# Newbie-Bought my first router-Need Advice on BIT SET



## HandyFrank (Nov 1, 2010)

Hi Everyone,
I'm totally new to the forum, and have hardly ever used a router before. I am not new to using power tools, but a router is something I've always wanted to get into.

I bought my first home recently and was finally able to set up a small work shop area in the basement with all the tools I've been collecting over the years. 2 days ago I was picking up a grinder at sears and I saw their Craftsman Router combo on sale for $79.99. It is the Craftsman 17543 model with the fixed and plunge base. Seems like people on this forum and all over the web thing its a decent router overall and a good starting one, so i'm glad I bought it at that price.

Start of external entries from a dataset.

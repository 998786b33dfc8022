// Whether a manifest says what a tree has at and below its path.
ghost use Rattle.std.specs.Prelude.{◌≡◌, ◌↔◌, ◌∷◌, ◌++◌, ℕ, List, IsTrue, MatchOption, Some};
ghost use Rattle.ext_attributes.specs.Attributes.{OfFile};
ghost use Rattle.ext_host.specs.Valid.{HasItems, IsManifest};
ghost use Rattle.ext_host.specs.declared.manifest.Item.{Item};
ghost use Rattle.ext_host.specs.Held.{HeldFile};
ghost use Rattle.ext_tree.specs.Tree.{lookup};
ghost use Rattle.ext_tree.specs.declared.entry.Entry.TheVariants.{File};
ghost use Rattle.ext_index.specs.Items.{item_of, items_of};

use ext_host::{Held, Item, Manifest};
use ext_text::Path;
use ext_tree::{Entry, Tree};

/// Whether the items of a manifest are the files of a tree at and below its path, each with its digest.
pub(crate) fn has_items(tree: &Tree<Held>, manifest: &Manifest) -> bool
    requires { IsManifest manifest.now }
    ensures { IsTrue result ↔ HasItems (lookup tree.now) manifest.now }
{
    let items = manifest.items.as_slice();
    let below = tree.below(&manifest.path.names());
    match file_at(tree, &manifest.path) {
        Some(held) => are_file_and_items(items, &manifest.path, held, below),
        None => are_items(items, below),
    }
}

// The file at a path; `None` exactly where none stands.
fn file_at<'a>(tree: &'a Tree<Held>, path: &Path) -> Option<&'a Held>
    ensures { MatchOption result
        ((attributes : OfFile) (held : HeldFile) → ¬ (lookup tree.now path.now ≡ Some (File attributes held)))
        (λ held. (attributes : OfFile) × (lookup tree.now path.now ≡ Some (File attributes held.now))) }
{
    match tree.get(path)? {
        Entry::File(_, held) => Some(held),
        Entry::Dir(_) | Entry::Opaque(_) | Entry::Link(_, _) | Entry::Hide => None,
    }
}

// Whether the items are that of a file and those of the entries after it.
fn are_file_and_items(
    items: &[Item],
    path: &Path,
    held: &Held,
    entries: &[(Path, Entry<Held>)],
) -> bool
    ensures { IsTrue result ↔ (items.now ≡ (record { path = path.now; digest = held.now.stamp.digest }) ∷ items_of entries.now) }
{
    match after_file(items, path, held) {
        None => false,
        Some(rest) => are_items(rest, entries),
    }
}

// Whether the item is that of a file.
fn is_item(item: &Item, path: &Path, held: &Held) -> bool
    ensures { IsTrue result ↔ (item.now ≡ record { path = path.now; digest = held.now.stamp.digest }) }
{
    item.path.cmp(path).is_eq() && item.digest == held.stamp().digest
}

// Whether the items are those of the entries.
fn are_items(items: &[Item], entries: &[(Path, Entry<Held>)]) -> bool
    ensures { IsTrue result ↔ (items.now ≡ items_of entries.now) }
{
    let mut rest = items;
    'entries: for entry in entries {
        match after_item(rest, entry) {
            None => return false,
            Some(after) => rest = after,
        }
    }
    rest.is_empty()
}

// The items after that of an entry, if it is a file; `None` exactly where they begin otherwise.
fn after_item<'a>(items: &'a [Item], entry: &(Path, Entry<Held>)) -> Option<&'a [Item]>
    ensures { MatchOption result ((rest : List Item) → ¬ (items.now ≡ item_of entry.now ++ rest))
        (λ rest. items.now ≡ item_of entry.now ++ rest.now) }
{
    match &entry.1 {
        Entry::File(_, held) => after_file(items, &entry.0, held),
        Entry::Dir(_) | Entry::Opaque(_) | Entry::Link(_, _) | Entry::Hide => Some(items),
    }
}

// The items after that of a file.
fn after_file<'a>(items: &'a [Item], path: &Path, held: &Held) -> Option<&'a [Item]>
    ensures { MatchOption result
        ((rest : List Item) → ¬ (items.now ≡ (record { path = path.now; digest = held.now.stamp.digest }) ∷ rest))
        (λ rest. items.now ≡ (record { path = path.now; digest = held.now.stamp.digest }) ∷ rest.now) }
{
    match items {
        [item, rest @ ..] if is_item(item, path, held) => Some(rest),
        _ => None,
    }
}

I'm your typical weekend warrior. Grew up doing all sorts of projects with my father/brother, and have been using power tools since I was just a kid. Now that I have a house to fix, and a place to set up a work bench I am ready to start some new small hobby wood working projects. I've already done some planning on a small bench/stool project, basement shelving where I plan to use the router to strengthen the shelf joining, and I'm expecting to do a walk-in closet built-ins this winter.

*Bit Advice Needed*
I'm already thinking of more and more things I can do with a router, so i'm looking to get some recommendations on a bit set soon. From what I've read it seems people say to start out with 1/2" bits vs 1/4", so I understand that part so far. Also seems like a lot of newbie's like go for the large bit sets so they get a lot of options to learn which bits they use regularly and then upgrade. I'm sort of thinking along those lines now too. I found that Amazon seems to have 3 bit sets that have good reviews but I'm a newbie so I can't post links, so i'll just post the set's title and pricing:

MLCS 8377 Router Bit Set with Carbide-Tipped 1/2-Inch Shank, 15-Piece
Price:$39.95

Neiko 50-Piece Premium-Grade 1/2" Tungsten Carbide 3-Blade Router Bit Set
Price:$69.98

Neiko 80-Piece Premium-Grade 1/2 Inch Tungsten Carbide Router Bit Set - 3 and 2 Blade - Aluminum Case
Price:$81.67

Anyone recommend any of these sets? I'm hoping to get a large assortment of bits to test and play with. Thanks.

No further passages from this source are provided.